BEGIN Data supplied
//! What a simulated card makes of a command, by its behavior.

ghost use Rattle.std.specs.Prelude.{◌≡◌, IfSome};
ghost use Rattle.sdv_frames.specs.Frame.{HasIndex};
ghost use Rattle.sdv_behavior.specs.Heard.{settled_by, reports, deed_at, row_deed, error_after, is_answered, answered, is_erase, unheard, does, done_as, hear_at, hear};
ghost use Rattle.sdv_behavior.specs.Commands.{order_read};
ghost use Rattle.sdv_behavior.specs.SimSteps.{heard_order};

use crate::accepts::accepts;
use crate::behavior::{Behavior, Deed};
use crate::card_desc::CardDesc;
use crate::card_state::CardState;
use crate::choice::{Choice, choice_of};
use crate::commands::order_read;
use crate::replies::reply_of;
use crate::rows::{stays, taken_by};
use crate::words::doubt_of;
use sdv_card::state_table::{matches, own_target, response, taken_as};
use sdv_card::{Order, Response, Row, TakenAs, Transfer};
use sdv_frames::{Command, Reply};

/// What comes of a command.
#[derive(Clone, Copy)]
pub struct Heard {
    /// The card's state afterwards.
    pub after: CardState,
    /// The answer, if one reaches the host.
    pub reply: Option<Reply>,
    /// The blocks of the erase sequence are erased.
    pub erases: bool,
}

impl Heard {
    /// The card is in the state, and nothing is answered.
    fn unheard(s: CardState) -> Heard
        ensures { result ≡ unheard s }
    {
        Heard {
            after: s,
            reply: None,
            erases: false,
        }
    }
}

/// The card after a step of its own, unless it has none, or does none.
fn settled_by(settles: bool, s: &CardState) -> CardState
    ensures { result ≡ settled_by settles s.now }
{
    match (settles, own_target(s.state, s.transfer)) {
        (false, _) | (_, None) => *s,
        (true, Some(state)) => CardState {
            state,
            transfer: Transfer::Nothing,
            ..*s
        },
    }
}

/// An error is reported in an R1 or an R6.
fn reports(response: Response) -> bool
    ensures { result ≡ reports response }
{
    match response {
        Response::CardStatus | Response::NewAddress => true,
        _ => false,
    }
}

/// What the card does with a row that is answered so: it can stay only where a status or an address answers.
fn deed_at(deed: Deed, response: Response) -> Deed
    ensures { result ≡ deed_at deed response }
{
    match deed {
        Deed::Stays if !reports(response) => Deed::Takes,
        Deed::StaysUnheard if !reports(response) => Deed::TakesUnheard,
        _ => deed,
    }
}

/// What the card does with a row. CMD0 always arrives.
fn row_deed(deed: Deed, row: Row) -> Deed
    ensures { result ≡ row_deed deed row }
{
    match row {
        Row::Cmd0 => Deed::Takes,
        _ => deed_at(deed, response(row)),
    }
}

/// An error of an earlier write is still to be shown after a row, by whether the host heard the answer.
fn error_after(response: Response, heard: bool, error: bool) -> bool
    ensures { result ≡ error_after response heard error }
{
    match response {
        Response::Absent | Response::CardStatus => false,
        Response::NotAddressed => error,
        _ => heard && error,
    }
}

/// A card answers the row: an SD card of version 1 does not answer CMD8.
fn is_answered(desc: &CardDesc, row: Row) -> bool
    ensures { result ≡ is_answered desc.now row }
{
    match row {
        Row::Cmd8Sd => desc.version == 2,
        _ => true,
    }
}

/// A card after its answer, which may have shown an error of an earlier write.
fn answered(desc: &CardDesc, row: Row, heard: bool, u: CardState) -> CardState
    ensures { result ≡ answered desc.now row heard u }
{
    let heard = heard && is_answered(desc, row);
    CardState {
        unshown_error: error_after(response(row), heard, u.unshown_error),
        ..u
    }
}

/// CMD38 writes zeros.
fn is_erase(row: Row) -> bool
    ensures { result ≡ is_erase row }
{
    match row {
        Row::Cmd38 => true,
        _ => false,
    }
}

/// What comes of a row at a settled state.
fn does(
    desc: &CardDesc,
    deed: Deed,
    row: Row,
    argument: u32,
    choice: Choice,
    t: &CardState,
) -> Heard
    ensures heard { result ≡ does desc.now deed row argument choice t.now }
    ensures index { IfSome result.reply HasIndex }
{
    match deed {
        Deed::Loses => Heard::unheard(*t),
        Deed::TakesUnheard => Heard {
            after: answered(desc, row, false, taken_by(desc, row, argument, choice, t)),
            reply: None,
            erases: is_erase(row),
        },
        Deed::Takes => Heard {
            after: answered(desc, row, true, taken_by(desc, row, argument, choice, t)),
            reply: reply_of(desc, row, t, choice.app, choice.error, choice),
            erases: is_erase(row),
        },
        Deed::StaysUnheard => Heard {
            after: answered(desc, row, false, stays(desc.kind, row, choice, t)),
            reply: None,
            erases: false,
        },
        Deed::Stays => Heard {
            after: answered(desc, row, true, stays(desc.kind, row, choice, t)),
            reply: reply_of(desc, row, t, false, doubt_of(choice.error), choice),
            erases: false,
        },
    }
}

/// What comes of an order at a settled state.
fn hear_at(desc: &CardDesc, behavior: Behavior, order: Order, argument: u32, t: &CardState) -> Heard
    ensures heard { result ≡ hear_at desc.now behavior order argument t.now }
    ensures index { IfSome result.reply HasIndex }
{
    match taken_as(order, t.app, matches(t.rca, (argument / 65_536) as u16)) {
        TakenAs::Forbidden | TakenAs::Ignored => Heard::unheard(*t),
        TakenAs::By(row) => {
            let choice = choice_of(desc, behavior, row, t);
            does(desc, row_deed(behavior.deed, row), row, argument, choice, t)
        }
    }
}

/// What comes of a legal order.
pub fn hear(
    desc: &CardDesc,
    behavior: Behavior,
    order: Order,
    argument: u32,
    s: &CardState,
) -> Heard
    ensures heard { result ≡ hear desc.now behavior order argument s.now }
    ensures index { IfSome result.reply HasIndex }
{
    hear_at(
        desc,
        behavior,
        order,
        argument,
        &settled_by(behavior.settles, s),
    )
}

/// What comes of a command: nothing, where the card has it not or does not accept it.
pub fn heard_of(desc: &CardDesc, behavior: Behavior, command: Command, s: &CardState) -> Heard
    ensures heard { result ≡ heard_order desc.now behavior
        (order_read desc.now.kind s.now.preset command.index command.argument) command.argument s.now }
    ensures index { IfSome result.reply HasIndex }
{
    match order_read(desc.kind, s.preset, command) {
        Some(order) if accepts(desc, order, command.argument, s) => {
            hear(desc, behavior, order, command.argument, s)
        }
        _ => Heard::unheard(*s),
    }
}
END Data supplied
» **Exercise goal**: Output each entry exactly. Leave none out.

» **Response to this task**:
//! What a simulated card makes of a command, by its behavior.

ghost use Rattle.std.specs.Prelude.{◌≡◌, IfSome};
ghost use Rattle.sdv_frames.specs.Frame.{HasIndex};
ghost use Rattle.sdv_behavior.specs.Heard.{settled_by, reports, deed_at, row_deed, error_after, is_answered, answered, is_erase, unheard, does, done_as, hear_at, hear};
ghost use Rattle.sdv_behavior.specs.Commands.{order_read};
ghost use Rattle.sdv_behavior.specs.SimSteps.{heard_order};

use crate::accepts::accepts;
use crate::behavior::{Behavior, Deed};
use crate::card_desc::CardDesc;
use crate::card_state::CardState;
use crate::choice::{Choice, choice_of};
use crate::commands::order_read;
use crate::replies::reply_of;
use crate::rows::{stays, taken_by};
use crate::words::doubt_of;
use sdv_card::state_table::{matches, own_target, response, taken_as};
use sdv_card::{Order, Response, Row, TakenAs, Transfer};
use sdv_frames::{Command, Reply};

/// What comes of a command.
#[derive(Clone, Copy)]
pub struct Heard {
    /// The card's state afterwards.
    pub after: CardState,
    /// The answer, if one reaches the host.
    pub reply: Option<Reply>,
    /// The blocks of the erase sequence are erased.
    pub erases: bool,
}

impl Heard {
    /// The card is in the state, and nothing is answered.
    fn unheard(s: CardState) -> Heard
        ensures { result ≡ unheard s }
    {
        Heard {
            after: s,
            reply: None,
            erases: false,
        }
    }
}

/// The card after a step of its own, unless it has none, or does none.
fn settled_by(settles: bool, s: &CardState) -> CardState
    ensures { result ≡ settled_by settles s.now }
{
    match (settles, own_target(s.state, s.transfer)) {
        (false, _) | (_, None) => *s,
        (true, Some(state)) => CardState {
            state,
            transfer: Transfer::Nothing,
            ..*s
        },
    }
}

/// An error is reported in an R1 or an R6.
fn reports(response: Response) -> bool
    ensures { result ≡ reports response }
{
    match response {
        Response::CardStatus | Response::NewAddress => true,
        _ => false,
    }
}

/// What the card does with a row that is answered so: it can stay only where a status or an address answers.
fn deed_at(deed: Deed, response: Response) -> Deed
    ensures { result ≡ deed_at deed response }
{
    match deed {
        Deed::Stays if !reports(response) => Deed::Takes,
        Deed::StaysUnheard if !reports(response) => Deed::TakesUnheard,
        _ => deed,
    }
}

/// What the card does with a row. CMD0 always arrives.
fn row_deed(deed: Deed, row: Row) -> Deed
    ensures { result ≡ row_deed deed row }
{
    match row {
        Row::Cmd0 => Deed::Takes,
        _ => deed_at(deed, response(row)),
    }
}

/// An error of an earlier write is still to be shown after a row, by whether the host heard the answer.
fn error_after(response: Response, heard: bool, error: bool) -> bool
    ensures { result ≡ error_after response heard error }
{
    match response {
        Response::Absent | Response::CardStatus => false,
        Response::NotAddressed => error,
        _ => heard && error,
    }
}

/// A card answers the row: an SD card of version 1 does not answer CMD8.
fn is_answered(desc: &CardDesc, row: Row) -> bool
    ensures { result ≡ is_answered desc.now row }
{
    match row {
        Row::Cmd8Sd => desc.version == 2,
        _ => true,
    }
}

/// A card after its answer, which may have shown an error of an earlier write.
fn answered(desc: &CardDesc, row: Row, heard: bool, u: CardState) -> CardState
    ensures { result ≡ answered desc.now row heard u }
{
    let heard = heard && is_answered(desc, row);
    CardState {
        unshown_error: error_after(response(row), heard, u.unshown_error),
        ..u
    }
}

/// CMD38 writes zeros.
fn is_erase(row: Row) -> bool
    ensures { result ≡ is_erase row }
{
    match row {
        Row::Cmd38 => true,
        _ => false,
    }
}

/// What comes of a row at a settled state.
fn does(
    desc: &CardDesc,
    deed: Deed,
    row: Row,
    argument: u32,
    choice: Choice,
    t: &CardState,
) -> Heard
    ensures heard { result ≡ does desc.now deed row argument choice t.now }
    ensures index { IfSome result.reply HasIndex }
{
    match deed {
        Deed::Loses => Heard::unheard(*t),
        Deed::TakesUnheard => Heard {
            after: answered(desc, row, false, taken_by(desc, row, argument, choice, t)),
            reply: None,
            erases: is_erase(row),
        },
        Deed::Takes => Heard {
            after: answered(desc, row, true, taken_by(desc, row, argument, choice, t)),
            reply: reply_of(desc, row, t, choice.app, choice.error, choice),
            erases: is_erase(row),
        },
        Deed::StaysUnheard => Heard {
            after: answered(desc, row, false, stays(desc.kind, row, choice, t)),
            reply: None,
            erases: false,
        },
        Deed::Stays => Heard {
            after: answered(desc, row, true, stays(desc.kind, row, choice, t)),
            reply: reply_of(desc, row, t, false, doubt_of(choice.error), choice),
            erases: false,
        },
    }
}

/// What comes of an order at a settled state.
fn hear_at(desc: &CardDesc, behavior: Behavior, order: Order, argument: u32, t: &CardState) -> Heard
    ensures heard { result ≡ hear_at desc.now behavior order argument t.now }
    ensures index { IfSome result.reply HasIndex }
{
    match taken_as(order, t.app, matches(t.rca, (argument / 65_536) as u16)) {
        TakenAs::Forbidden | TakenAs::Ignored => Heard::unheard(*t),
        TakenAs::By(row) => {
            let choice = choice_of(desc, behavior, row, t);
            does(desc, row_deed(behavior.deed, row), row, argument, choice, t)
        }
    }
}

/// What comes of a legal order.
pub fn hear(
    desc: &CardDesc,
    behavior: Behavior,
    order: Order,
    argument: u32,
    s: &CardState,
) -> Heard
    ensures heard { result ≡ hear desc.now behavior order argument s.now }
    ensures index { IfSome result.reply HasIndex }
{
    hear_at(
        desc,
        behavior,
        order,
        argument,
        &settled_by(behavior.settles, s),
    )
}

/// What comes of a command: nothing, where the card has it not or does not accept it.
pub fn heard_of(desc: &CardDesc, behavior: Behavior, command: Command, s: &CardState) -> Heard
    ensures heard { result ≡ heard_order desc.now behavior
        (order_read desc.now.kind s.now.preset command.index command.argument) command.argument s.now }
    ensures index { IfSome result.reply HasIndex }
{
    match order_read(desc.kind, s.preset, command) {
        Some(order) if accepts(desc, order, command.argument, s) => {
            hear(desc, behavior, order, command.argument, s)
        }
        _ => Heard::unheard(*s),
    }
}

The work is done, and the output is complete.